Изменить размер шрифта - +
Так что же — нарочно?

Не слушаешься?

Не занимаешься?

Не стараешься?

Не понимаешь?

Даже не пытаешься понять?

Перечишь мне?

Злишь меня?

Раздражаешь учителей?

Приводишь в отчаяние родителей?

Потакаешь своим дурным привычкам?

Губишь свое будущее?

Плюешь на всех?

Что, тебе правда на всех наплевать? Издеваешься?

Хорошо, допустим, все это правильно.

Тогда встает другой вопрос — о наречии. Почему «нарочно»? С какой целью? Зачем ему это делать? Раз он делает это «нарочно», значит, у него должна быть какая-то цель.

Нарочно — зачем?

Ради собственного удовольствия? Наслаждаясь моментом? А как же следующий момент, неизбежный момент, который он должен будет провести со мной один на один, отвратительная четверть часа, в течение которой я буду на него орать? Может, он так вот и хочет жить, тихо и мирно, лениться помаленьку, не обращая внимания на ругань в свой адрес? Этакий гедонизм? Нет, он прекрасно знает, что за счастье ничегонеделанья приходится платить презрительными взглядами, всеобщим осуждением, которые порождают недовольство самим собой. Тогда что? Почему он все-таки делает это «нарочно»?

Чтобы завоевать уважение других двоечников? Потому что старание есть предательство по отношению к ним? Он добровольно играет за плохих против хороших? За молодых против старых? Это что, такой способ социализации?

Если угодно. В любом случае, последний тезис очень популярен нынче — объединение трудных подростков в группировки, стремление плохих учеников укрыться в неком болоте, кишащем всякой мразью. Такое объяснение удобно еще и потому, что имеет под собой некую социологическую основу, такой феномен существует, вне всякого сомнения. Но оно напрочь отбрасывает личность, всегда уникальную, мальчишки, который независимо от того, существует или нет феномен мальчишеских банд, в тот или иной момент жизни остается один на один со своими неудачами, со своим будущим, а по вечерам, перед тем как лечь спать, — с самим собой. Давайте взглянем на него. Рассмотрим его как следует. Кто решится утверждать, что ему сейчас хорошо? Кто сможет заподозрить его в том, что он это делает нарочно?

Ты делаешь это нарочно…

По правде говоря, ни одно из приведенных объяснений нельзя признать приемлемым на сто процентов. Все они удовлетворительны постольку поскольку, но…

А вот вам гипотеза: что, если вопреки всем правилам грамматики местоимение «это» обозначает еще и некий объект, существующий вне фразы? Нас самих, например… Наш светлый образ, замутненный в наших собственных глазах. Наш образ, которому так не помешало бы хорошее зеркало.

Одно «это», обвиняющее другое — в данном случае этого паршивца — в том, что оно отражает образ некоего взрослого, беспомощного и встревоженного, столкнувшегося с каким-то непонятным препятствием. Однако видит бог, насколько чисты и полезны принципы, которые я хочу внушить этому ребенку! И насколько необходимы знания, которые я даю этому ученику!

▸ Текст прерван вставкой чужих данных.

// The calls of the library that have no body. This project's own.
ghost use Rattle.std.specs.Prelude.{◌≡◌, IfOk};
ghost use Rattle.cil_meaning.specs.Words.{low_32};
ghost use Rattle.store_object.specs.Store.{summed};
ghost use Rattle.cil_meaning.specs.LibraryCalls.{request_of, gives, leaves};
ghost use Rattle.unshared.specs.Forms.{the_kind, the_pointer};
ghost use Rattle.unshared.specs.Given.{the_given};
ghost use Rattle.unshared.specs.Going.{did, Keeps};
ghost use Rattle.unshared.specs.Served.{kind_word_at, judged_string, judged, prints, gives_one, gives_two, operands, swaps_stored, swaps_held, swaps_at, swaps, names, starts, joined, joins};
ghost use Rattle.unshared.specs.Silent.{Gives};
ghost use Rattle.unshared.specs.Swaps.{the_swapping};
ghost use Rattle.unshared.specs.Talk.{Talks};

use crate::boxes::{pointer_at, reference_at, reference_on};
use crate::exact::as_string;
use crate::fault::Fault;
use crate::frames::{Done, Frames};
use crate::memory::{reads, writes};
use crate::operands::{as_object, is_int32, only, word_of_kind};
use crate::pause::{Halt, Pause, Replies};
use crate::trees::Trees;
use crate::value::{Kind, Pointer, Value};
use crate::words::{low_32, narrow};
use il_model::Program;
use mn_outside::NoMemory;
use std::alloc::Global;
use store_object::{Form, Place, Request};

// The word of a value of a kind that stands so far below the top.
#[tactic(auto, unfolding(crate::specs::Served::kind_word_at))]
fn kind_word_at(
    replies: &Replies<'_>,
    frames: &Frames,
    kind: Kind,
    below: usize,
) -> Result<u64, Pause>
    ensures { Talks (λ word. word) (kind_word_at (the_kind kind) frames.now below replies.now) result replies.now }
{
    let value = frames.value(below)?;
    Ok(word_of_kind(kind, value)?)
}

// Whether a word is null or names a string.
#[tactic(auto, unfolding(crate::specs::Served::judged_string))]
fn judge_string(program: &Program, trees: &Trees, word: u64) -> Result<(), Pause>
    ensures { Gives (λ nothing. nothing) (judged_string program.now trees.now.kinds word) result }
{
    if word == 0 {
        return Ok(());
    }
    if word < 4294967296 {
        return Err(Pause::Halts(Halt::Stuck));
    }
    Ok(as_string(program, trees, word)?)
}

fn judge(program: &Program, trees: &Trees, form: Form, word: u64) -> Result<(), Pause>
    ensures { Gives (λ nothing. nothing) (judged program.now trees.now.kinds form word) result }
{
    match form {
        Form::Number => Ok(()),
        Form::String => Ok(judge_string(program, trees, word)?),
    }
}

/// `WriteLine` of a word of a kind.
#[tactic(auto, unfolding(crate::specs::Served::prints))]
pub(crate) fn print(
    program: &Program,
    trees: &Trees,
    replies: &mut Replies<'_>,
    frames: &mut Frames,
    form: Form,
    kind: Kind,
) -> Result<Done, Pause>
    ensures acts { Talks (did frames.new) (prints program.now trees.now.kinds form (the_kind kind) frames.old replies.old) result replies.new }
    ensures kept { Keeps result frames.old frames.new }
{
    let word = kind_word_at(replies, frames, kind, 0)?;
    judge(program, trees, form, word)?;
    replies.done(Request::Print { form, word })?;
    Ok(frames.drops(1)?)
}

/// One word that is read and written at once.
#[derive(Clone, Copy)]
pub(crate) enum Swapping {
    Exchanging,
    Comparing,
    Adding,
}

/// The word and the comparand of an exchange, how many values stand above the pointer, and how many are taken.
#[derive(Clone, Copy)]
pub(crate) struct Given {
    pub word: u64,
    pub comparand: u64,
    pub above: usize,
    pub taken: usize,
}

#[tactic(auto, unfolding(crate::specs::Served::gives_one))]
fn give_one(replies: &Replies<'_>, frames: &Frames, kind: Kind) -> Result<Given, Pause>
    ensures { Talks the_given (gives_one (the_kind kind) frames.now replies.now) result replies.now }
{
    let word = kind_word_at(replies, frames, kind, 0)?;
    Ok(Given {
        word,
        comparand: 0,
        above: 1,
        taken: 2,
    })
}

#[tactic(auto, unfolding(crate::specs::Served::gives_two))]
fn give_two(replies: &Replies<'_>, frames: &Frames, kind: Kind) -> Result<Given, Pause>
    ensures { Talks the_given (gives_two (the_kind kind) frames.now replies.now) result replies.now }
{
    let comparand = kind_word_at(replies, frames, kind, 0)?;
    let word = kind_word_at(replies, frames, kind, 1)?;
    Ok(Given {
        word,
        comparand,
        above: 2,
        taken: 3,
    })
}

// The word, the comparand, and how many values stand above the pointer.
fn operands(
    replies: &Replies<'_>,
    frames: &Frames,
    form: Swapping,
    kind: Kind,
) -> Result<Given, Pause>
    ensures { Talks the_given (operands (the_swapping form) (the_kind kind) frames.now replies.now) result replies.now }
{
    match form {
        Swapping::Exchanging => Ok(give_one(replies, frames, kind)?),
        Swapping::Comparing => Ok(give_two(replies, frames, kind)?),
        Swapping::Adding => Ok(give_one(replies, frames, kind)?),
    }
}

fn request_of(form: Swapping, kind: Kind, place: Place, word: u64, comparand: u64) -> Request
    ensures { result ≡ request_of (the_swapping form) (the_kind kind) place word comparand }
{
    match form {
        Swapping::Exchanging => Request::Exchange { place, word },
        Swapping::Comparing => Request::CompareExchange {
            place,
            word,
            comparand,
        },
        Swapping::Adding => Request::Add {
            place,
            word,
            narrow: is_int32(kind),
        },
    }
}

// The sum of two words, at 32 bits or at 64.
fn summed(is_narrow: bool, old: u64, word: u64) -> u64
    ensures { result ≡ summed is_narrow old word }
{
    let sum = old.wrapping_add(word);
    if is_narrow { narrow(sum) } else { sum }
}

// What an exchange in a frame leaves of an old word.
fn leaves(form: Swapping, kind: Kind, old: u64, word: u64, comparand: u64) -> u64
    ensures { result ≡ leaves (the_swapping form) (the_kind kind) old word comparand }
{
    match form {
        Swapping::Exchanging => word,
        Swapping::Comparing => { if old == comparand { word } else { old } }
        Swapping::Adding => summed(is_int32(kind), old, word),
    }
}

// What it gives.
fn gives(form: Swapping, kind: Kind, old: u64, word: u64, comparand: u64) -> u64
    ensures { result ≡ gives (the_swapping form) (the_kind kind) old word comparand }
{
    match form {
        Swapping::Exchanging => old,
        Swapping::Comparing => old,
        Swapping::Adding => summed(is_int32(kind), old, word),
    }
}

#[tactic(auto, unfolding(crate::specs::Served::swaps_stored))]
fn swap_stored(
    replies: &mut Replies<'_>,
    frames: &mut Frames,
    form: Swapping,
    kind: Kind,
    given: Given,
    place: Place,
) -> Result<Done, Pause>
    ensures acts { Talks (did frames.new) (swaps_stored (the_swapping form) (the_kind kind) frames.old (the_given given) place replies.old) result replies.new }
    ensures kept { Keeps result frames.old frames.new }
{
    let request = request_of(form, kind, place, given.word, given.comparand);
    let word = replies.word(request)?;
    Ok(frames.pushes(given.taken, Value::Word(kind, word))?)
}

// In a frame it makes no request.
#[tactic(auto, unfolding(crate::specs::Served::swaps_held))]
fn swap_held(
    alloc: Global,
    replies: &mut Replies<'_>,
    frames: &mut Frames,
    form: Swapping,
    kind: Kind,
    given: Given,
    pointer: Pointer,
) -> Result<Done, Pause>
    ensures acts { Talks (did frames.new) (swaps_held (the_swapping form) (the_kind kind) frames.old (the_given given) (the_pointer pointer) replies.old) result replies.new }
    ensures kept { Keeps result frames.old frames.new }
{
    let words = reads(alloc, replies, frames, pointer, 1)?;
    let old = only(words.as_slice())?;
    let left = leaves(form, kind, old, given.word, given.comparand);
    let result = gives(form, kind, old, given.word, given.comparand);
    writes(alloc, replies, frames, pointer, &[left])?;
    Ok(frames.pushes(given.taken, Value::Word(kind, result))?)
}

fn swap_at(
    alloc: Global,
    replies: &mut Replies<'_>,
    frames: &mut Frames,
    form: Swapping,
    kind: Kind,
    given: Given,
    pointer: Pointer,
) -> Result<Done, Pause>
    ensures acts { Talks (did frames.new) (swaps_at (the_swapping form) (the_kind kind) frames.old (the_given given) (the_pointer pointer) replies.old) result replies.new }
    ensures kept { Keeps result frames.old frames.new }
{
    match pointer {
        Pointer::Null => Ok(Done::Throws(Fault::NullReference)),
        Pointer::InFrame { level, place, word } => Ok(swap_held(
            alloc,
            replies,
            frames,
            form,
            kind,
            given,
            Pointer::InFrame { level, place, word },
        )?),
        Pointer::InFresh { level, word } => Ok(swap_held(
            alloc,
            replies,
            frames,
            form,
            kind,
            given,
            Pointer::InFresh { level, word },
        )?),
        Pointer::InObject { object, index } => {
            let place = Place::Object { object, index };
            Ok(swap_stored(replies, frames, form, kind, given, place)?)
        }
        Pointer::InStatic {
            kind: number,
            index,
        } => {
            let place = Place::Fixed {
                kind: number,
                index,
            };
            Ok(swap_stored(replies, frames, form, kind, given, place)?)
        }
    }
}

/// `CompareExchange`, `Exchange` and `Add`: one request, or none in a frame.
#[tactic(auto, unfolding(crate::specs::Served::swaps))]
pub(crate) fn swap(
    alloc: Global,
    replies: &mut Replies<'_>,
    frames: &mut Frames,
    form: Swapping,
    kind: Kind,
) -> Result<Done, Pause>
    ensures acts { Talks (did frames.new) (swaps (the_swapping form) (the_kind kind) frames.old replies.old) result replies.new }
    ensures kept { Keeps result frames.old frames.new }
{
    let given = operands(replies, frames, form, kind)?;
    let pointer = pointer_at(frames, given.above)?;
    Ok(swap_at(alloc, replies, frames, form, kind, given, pointer)?)
}

/// `NameOf`, of the type with a number.
pub(crate) fn name(frames: &mut Frames, number: u32) -> Result<Done, Pause>
    ensures acts { Gives (did frames.new) (Ok (names number frames.old)) result }
    ensures kept { Keeps result frames.old frames.new }
{
    Ok(reference_on(frames, 0, 8589934592 + u64::from(number))?)
}

/// `Start`.
#[tactic(auto, unfolding(crate::specs::Served::starts))]
pub(crate) fn start(replies: &mut Replies<'_>, frames: &mut Frames) -> Result<Done, Pause>
    ensures acts { Talks (did frames.new) (starts frames.old replies.old) result replies.new }
    ensures kept { Keeps result frames.old frames.new }
{
    let word = reference_at(frames, 0)?;
    if word == 0 {
        return Ok(Done::Throws(Fault::NullReference));
    }
    let object = as_object(word)?;
    let thread = replies.thread(Request::Start { object })?;
    Ok(frames.pushes(1, Value::int32(u64::from(thread)))?)
}

fn joined(frames: &mut Frames, ended: Option<bool>) -> Result<Done, Pause>
    ensures acts { Gives (did frames.new) (Ok (joined frames.old ended)) result }
    ensures kept { Keeps result frames.old frames.new }
{
    match ended {
        Some(true) => Ok(frames.drops(1)?),
        Some(false) => Ok(Done::Goes),
        None => Ok(Done::Throws(Fault::IndexOutOfRange)),
    }
}

// The number of a thread that an int32 is.
fn thread_of(word: u64) -> Result<u32, NoMemory>
    ensures { IfOk result (λ thread. thread ≡ low_32 word) }
{
    match u32::try_from(low_32(word)) {
        Ok(thread) => Ok(thread),
        Err(_) => Err(NoMemory),
    }
}

/// `Join`. While the other thread has not finished, it is the same instruction again.
#[tactic(auto, unfolding(crate::specs::Served::joins))]
pub(crate) fn join(replies: &mut Replies<'_>, frames: &mut Frames) -> Result<Done, Pause>
    ensures acts { Talks (did frames.new) (joins frames.old replies.old) result replies.new }
    ensures kept { Keeps result frames.old frames.new }
{
    let word = kind_word_at(replies, frames, Kind::Int32, 0)?;
    let thread = thread_of(word)?;
    let ended = replies.ended(Request::Ended { thread })?;
    Ok(joined(frames, ended)?)
}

Одиночеству ребенка вторит мое собственное одиночество взрослого.

Ты делаешь это нарочно.

Когда же речь идет о целом классе, когда три десятка учеников начинают делать это нарочно, я, учитель, испытываю острое ощущение того, что меня линчуют на культурном уровне. А если это «это» касается целого поколения — «в наше время такое было немыслимо!», — если несколько поколений подряд будут делать это нарочно, значит, мы последние представители исчезающего вида, последние из тех, кто помнит времена, когда молодежь (мы сами в ту пору) была нам понятна… И мы чувствуем себя такими одинокими в этой старой бедной жизни, но такими проницательными (конечно же!), такими бдительными (еще бы!), такими компетентными (а то как же!), как когда мы были молодыми, мы горстка свидетелей цивилизованных времен, продолжающих правильно думать, абсолютно оторванных от того, чем стала вопреки нашему желанию реальная жизнь.